# Forum Home Renovation Water Saving Garden Ideas  Flat Tank

## Neri

With water restrictions in my area threatening to hit level 4, I'm a desperate man - having planted a number of new trees. 
So what I've done is taken advantage of the slope on the side of the house and laid down a few sheets of roofing iron on the ground and it works a treat. Water whooshes down (from my watering can at least). 
Where the tin ends I plan to have a metre or so long large plastic pipe with a large slit along most of it but not to the ends so as to preserve some rigidity and I'm going to cap both ends of the pipe with the caps for this purpose. 
But what I want to do is drill a hole in the pipe and fit a standard plastic tube and I want to know if there's some attachment (connector) for this purpose so I can ask for it by name at Bunnings?

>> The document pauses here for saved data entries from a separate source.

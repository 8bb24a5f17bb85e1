//! Numberings of a table: what is reached from some entries, in depth-first order of discovery.
//!
//! There are two walks of one contract: [`number`] keeps a list of work, and [`number_recursive`]
//! calls itself.
ghost use Rattle.std.specs.Prelude.{◌≡◌, ◌+◌, ◌<◌, ◌≤◌, ◌∷◌, [], ℕ, List, IfOk, IfErr, OnOk};
ghost use Rattle.std.specs.Prelude.{length};
ghost use Rattle.scale_info_numberings.specs.Systems.{looks};
ghost use Rattle.scale_info_numberings.specs.Numberings.{IsNumbering};
ghost use Rattle.scale_info_numberings.specs.Extensions.{IsExtension};
ghost use Rattle.scale_info_walk.specs.TypeSystems.{types_system};
ghost use Rattle.scale_info_walk.specs.Walks.{AreNumbers, IsRoom, IsWalkError, IsWalk, IsWalked};
ghost use Rattle.scale_info_walk.specs.Walks.{IsLook};
ghost use Rattle.scale_info_walk.specs.declared.walk.RetainError.TheVariants as retain;

use crate::references::{References, TypeReferences};
use crate::refs::Refs;
use scale_info_collections::failure::AllocationFailure;
use scale_info_types::ty::PortableType;
use std::alloc::Global;
use thiserror::Error;

/// The number of an index that has none: no order is so long.
pub(crate) const NONE: u32 = 4294967295;

/// Why a table could not be numbered or pruned.
#[derive(Debug, Drop, PartialEq, Eq, Error)]
pub enum RetainError {
    /// An id is reached that is no index of the table.
    #[error("dangling id {id}")]
    Dangling {
        /// The first such id that is met from the roots, depth first.
        id: u32,
    },
    /// The table has more than 4294967295 entries.
    #[error("the table has more than 4294967295 types")]
    TooManyTypes,
    /// An allocation failed.
    #[error("out of memory")]
    Memory,
}

impl<F: AllocationFailure> From<F> for RetainError {
    ghost from_gives = { λ _ e. e ≡ retain.Memory };

    fn from(_failure: F) -> RetainError {
        RetainError::Memory
    }
}

/// What a walk returns.
#[derive(Drop, PartialEq, Eq)]
pub struct Numbering {
    /// The old indices, in new order.
    pub order: Vec<u32>,
    /// How often the walk looked at a reference.
    pub steps: u128,
}

/// A numbering with the new number of each old index.
#[derive(Drop)]
pub struct Renumbering {
    /// The old indices, in new order.
    pub order: Vec<u32>,
    /// For each old index its place in `order`, or 4294967295 where it has none.
    pub numbers: Vec<u32>,
    /// As the steps of a [`Numbering`].
    pub steps: u128,
}

/// Numbers what the roots reach, depth first: a root and then all that its references reach, in
/// order, before the next root. A list of work keeps the references that are still to be looked at,
/// so the depth of the table does not matter.
///
/// ```text
/// number(alloc, types, &[1])  // of C, A { b: B, c: C }, B { d: D }, D { a: A }: 1, 2, 3, 0
/// ```
///
/// Errors: `Dangling`, where an id is reached that is no index; `TooManyTypes`, where there are
/// more than 4294967295 entries; `Memory`, where an allocation failed.
pub fn number(
    alloc: Global,
    types: &[PortableType],
    roots: &[u32],
) -> Result<Numbering, RetainError>
    ensures numbering { IfOk result (λ n.
        IsNumbering (types_system types.now) roots.now n.order.items) }
    ensures only { IfOk result (λ n. (L : List ℕ) →
        IsNumbering (types_system types.now) roots.now L → L ≡ n.order.items) }
    ensures steps { IfOk result (λ n. n.steps ≡ looks (types_system types.now) n.order.items) }
    ensures cause { IfErr result
        (IsWalkError (types_system types.now) (length types.now) [] roots.now) }
{
    let found = number_entries(alloc, types, roots)?;
    Ok(Numbering {
        order: found.order,
        steps: found.steps,
    })
}

/// The same numbering by a recursion, which goes as deep as the table does.
///
/// It is there to be read and compared: a chain of many types takes as many nested calls.
///
/// Errors: as those of [`number`].
pub fn number_recursive(
    alloc: Global,
    types: &[PortableType],
    roots: &[u32],
) -> Result<Numbering, RetainError>
    ensures numbering { IfOk result (λ n.
        IsNumbering (types_system types.now) roots.now n.order.items) }
    ensures only { IfOk result (λ n. (L : List ℕ) →
        IsNumbering (types_system types.now) roots.now L → L ≡ n.order.items) }
    ensures steps { IfOk result (λ n. n.steps ≡ looks (types_system types.now) n.order.items) }
    ensures cause { IfErr result
        (IsWalkError (types_system types.now) (length types.now) [] roots.now) }
{
    let source = TypeReferences { types };
    let mut found = no_numbers(alloc, &source)?;
    for root in roots {
        visit_recursively(alloc, &source, *root, &mut found)?;
    }
    Ok(Numbering {
        order: found.order,
        steps: found.steps,
    })
}

/// Numbers what the roots reach, as [`number`] does, and returns the new number of each index too.
///
/// Errors: as those of [`number`].
pub fn number_entries(
    alloc: Global,
    types: &[PortableType],
    roots: &[u32],
) -> Result<Renumbering, RetainError>
    ensures numbering { IfOk result (λ n.
        IsNumbering (types_system types.now) roots.now n.order.items) }
    ensures numbers { IfOk result (λ n. AreNumbers n.order.items n.numbers.items) }
    ensures count { IfOk result (λ n. length n.numbers.items ≡ length types.now) }
    ensures few { IfOk result (λ n. length types.now ≤ 4294967295) }
    ensures steps { IfOk result (λ n. n.steps ≡ looks (types_system types.now) n.order.items) }
    ensures cause { IfErr result
        (IsWalkError (types_system types.now) (length types.now) [] roots.now) }
{
    number_references(alloc, &TypeReferences { types }, roots)
}

/// Numbers what the roots reach, as [`number`] does, over anything that has references, and returns
/// the new number of each index too.
///
/// Errors: as those of [`number`].
pub fn number_references<R: References>(
    alloc: Global,
    source: &R,
    roots: &[u32],
) -> Result<Renumbering, RetainError>
    ensures numbering { IfOk result (λ n.
        IsNumbering (R.system source.now) roots.now n.order.items) }
    ensures numbers { IfOk result (λ n. AreNumbers n.order.items n.numbers.items) }
    ensures count { IfOk result (λ n. length n.numbers.items ≡ R.count source.now) }
    ensures few { IfOk result (λ n. R.count source.now ≤ 4294967295) }
    ensures steps { IfOk result (λ n. n.steps ≡ looks (R.system source.now) n.order.items) }
    ensures cause { IfErr result
        (IsWalkError (R.system source.now) (R.count source.now) [] roots.now) }
{
    let found = no_numbers(alloc, source)?;
    number_roots(alloc, source, roots, found)
}

/// Numbers what the roots reach, as [`number_references`] does, reusing the buffers of an earlier
/// numbering of as many entries, if there is one: then it takes time for what is reached, now and
/// earlier, however many entries there are.
///
/// Errors: as those of [`number`].
pub fn number_references_in<R: References>(
    alloc: Global,
    source: &R,
    roots: &[u32],
    room: Option<Renumbering>,
) -> Result<Renumbering, RetainError>
    requires { IsRoom (R.count source.now) room }
    ensures ok { IfOk result (IsWalked (R.system source.now) (R.count source.now) roots.now) }
    ensures cause { IfErr result
        (IsWalkError (R.system source.now) (R.count source.now) [] roots.now) }
{
    let none = match room {
        Some(room) => cleared(room),
        None => no_numbers(alloc, source)?,
    };
    number_roots(alloc, source, roots, none)
}

/// The numbering of no roots, reusing the buffers of an earlier numbering.
fn cleared(room: Renumbering) -> Renumbering
    requires { AreNumbers room.order.items room.numbers.items }
    ensures order { result.order.items ≡ [] }
    ensures dense { AreNumbers [] result.numbers.items }
    ensures long { length result.numbers.items ≡ length room.numbers.items }
    ensures steps { result.steps ≡ 0 }
{
    let Renumbering {
        mut order,
        mut numbers,
        ..
    } = room;
    for id in &order {
        let Some(number) = numbers.get_mut(*id as usize) else {
            continue;
        };
        *number = NONE;
    }
    order.clear();
    Renumbering {
        order,
        numbers,
        steps: 0,
    }
}

/// Numbers what the roots reach, where nothing is numbered yet.
fn number_roots<R: References>(
    alloc: Global,
    source: &R,
    roots: &[u32],
    none: Renumbering,
) -> Result<Renumbering, RetainError>
    requires walk { IsWalk (R.system source.now) (R.count source.now)
        none.order.items none.numbers.items none.steps }
    requires order { none.order.items ≡ [] }
    requires steps { none.steps ≡ 0 }
    ensures ok { IfOk result (IsWalked (R.system source.now) (R.count source.now) roots.now) }
    ensures cause { IfErr result
        (IsWalkError (R.system source.now) (R.count source.now) [] roots.now) }
{
    let mut found = none;
    for root in roots {
        visit(alloc, source, *root, &mut found)?;
    }
    Ok(found)
}

/// The numbering of no roots.
fn no_numbers<R: References>(alloc: Global, source: &R) -> Result<Renumbering, RetainError>
    ensures walk { IfOk result (λ n.
        IsWalk (R.system source.now) (R.count source.now)
        n.order.items n.numbers.items n.steps) }
    ensures order { IfOk result (λ n. n.order.items ≡ []) }
    ensures steps { IfOk result (λ n. n.steps ≡ 0) }
    ensures cause { IfErr result (IsWalkError (R.system source.now) (R.count source.now) [] []) }
{
    let count = source.len();
    if count > 4294967295 {
        return Err(RetainError::TooManyTypes);
    }
    let mut numbers = Vec::new(alloc);
    numbers.resize(count, NONE)?;
    Ok(Renumbering {
        order: Vec::new(alloc),
        numbers,
        steps: 0,
    })
}

/// Extends the order by an id, with a list of work.
fn visit<R: References>(
    alloc: Global,
    source: &R,
    id: u32,
    walk: &mut Renumbering,
) -> Result<(), RetainError>
    requires { IsWalk (R.system source.now) (R.count source.now)
        walk.old.order.items walk.old.numbers.items walk.old.steps }
    ensures walk { OnOk result (IsWalk (R.system source.now) (R.count source.now)
        walk.new.order.items walk.new.numbers.items walk.new.steps) }
    ensures extends { OnOk result
        (IsExtension (R.system source.now) walk.old.order.items (id ∷ []) walk.new.order.items) }
    ensures counted { OnOk result (walk.new.steps + looks (R.system source.now) walk.old.order.items
        ≡ walk.old.steps + looks (R.system source.now) walk.new.order.items) }
    ensures cause { IfErr result
        (IsWalkError (R.system source.now) (R.count source.now) walk.old.order.items (id ∷ [])) }
{
    let mut refs = Refs::new(alloc);
    look(alloc, source, id, walk, &mut refs)?;
    while let Some(next) = refs.next(&mut walk.steps) {
        look(alloc, source, next, walk, &mut refs)?;
    }
    Ok(())
}

/// Extends the order by an id, with a recursion.
fn visit_recursively<R: References>(
    alloc: Global,
    source: &R,
    id: u32,
    walk: &mut Renumbering,
) -> Result<(), RetainError>
    requires { IsWalk (R.system source.now) (R.count source.now)
        walk.old.order.items walk.old.numbers.items walk.old.steps }
    ensures walk { OnOk result (IsWalk (R.system source.now) (R.count source.now)
        walk.new.order.items walk.new.numbers.items walk.new.steps) }
    ensures extends { OnOk result
        (IsExtension (R.system source.now) walk.old.order.items (id ∷ []) walk.new.order.items) }
    ensures counted { OnOk result (walk.new.steps + looks (R.system source.now) walk.old.order.items
        ≡ walk.old.steps + looks (R.system source.now) walk.new.order.items) }
    ensures cause { IfErr result
        (IsWalkError (R.system source.now) (R.count source.now) walk.old.order.items (id ∷ [])) }
{
    let mut refs = Refs::new(alloc);
    look(alloc, source, id, walk, &mut refs)?;
    while let Some(next) = refs.next(&mut walk.steps) {
        visit_recursively(alloc, source, next, walk)?;
    }
    Ok(())
}

/// Numbers an id, if it has no number yet, and puts its references before those that are left.
fn look<R: References>(
    alloc: Global,
    source: &R,
    id: u32,
    walk: &mut Renumbering,
    refs: &mut Refs,
) -> Result<(), RetainError>
    requires { IsWalk (R.system source.now) (R.count source.now)
        walk.old.order.items walk.old.numbers.items walk.old.steps }
    ensures walk { OnOk result (IsWalk (R.system source.now) (R.count source.now)
        walk.new.order.items walk.new.numbers.items walk.new.steps) }
    ensures look { OnOk result (IsLook (R.system source.now) id
        walk.old.order.items refs.old walk.new.order.items refs.new) }
    ensures steps { walk.new.steps ≡ walk.old.steps }
    ensures cause { IfErr result
        (IsWalkError (R.system source.now) (R.count source.now) walk.old.order.items (id ∷ [])) }
{
    let Some(number) = walk.numbers.get_mut(id as usize) else {
        return Err(RetainError::Dangling { id });
    };
    if *number != NONE {
        return Ok(());
    }
    *number = walk.order.len() as u32;
    walk.order.push(id)?;
    source.prepend_refs(alloc, id, refs)?;
    Ok(())
}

Naturally the fit needs to be as tight as possible. 
It would be similar to a tap I saw for those water-storage barrels you can buy at Bunnings. It consists of two threaded parts. One for the outside, one for the inside and you screw them together. Presumably a sealant of some description would make the fit tighter. 
Am I making any sense here about this thingybob I want to get a tight fitting in my big pipe for my smaller tube?

----------


## Neri

I'm afraid Neri you'll just need to buckle up and go into Bunnings and ask a daft question. Don't worry about it - they are used to it!

----------


## Kaptan

Hey Neri, look in the irrigation area. You should be able to find a threaded piece in plastic that you could put through the end caps with a nut & washer either side. With barb adaptors, maybe an inline tap and some of the black tube, you could put together a suitable cheap solution.

----------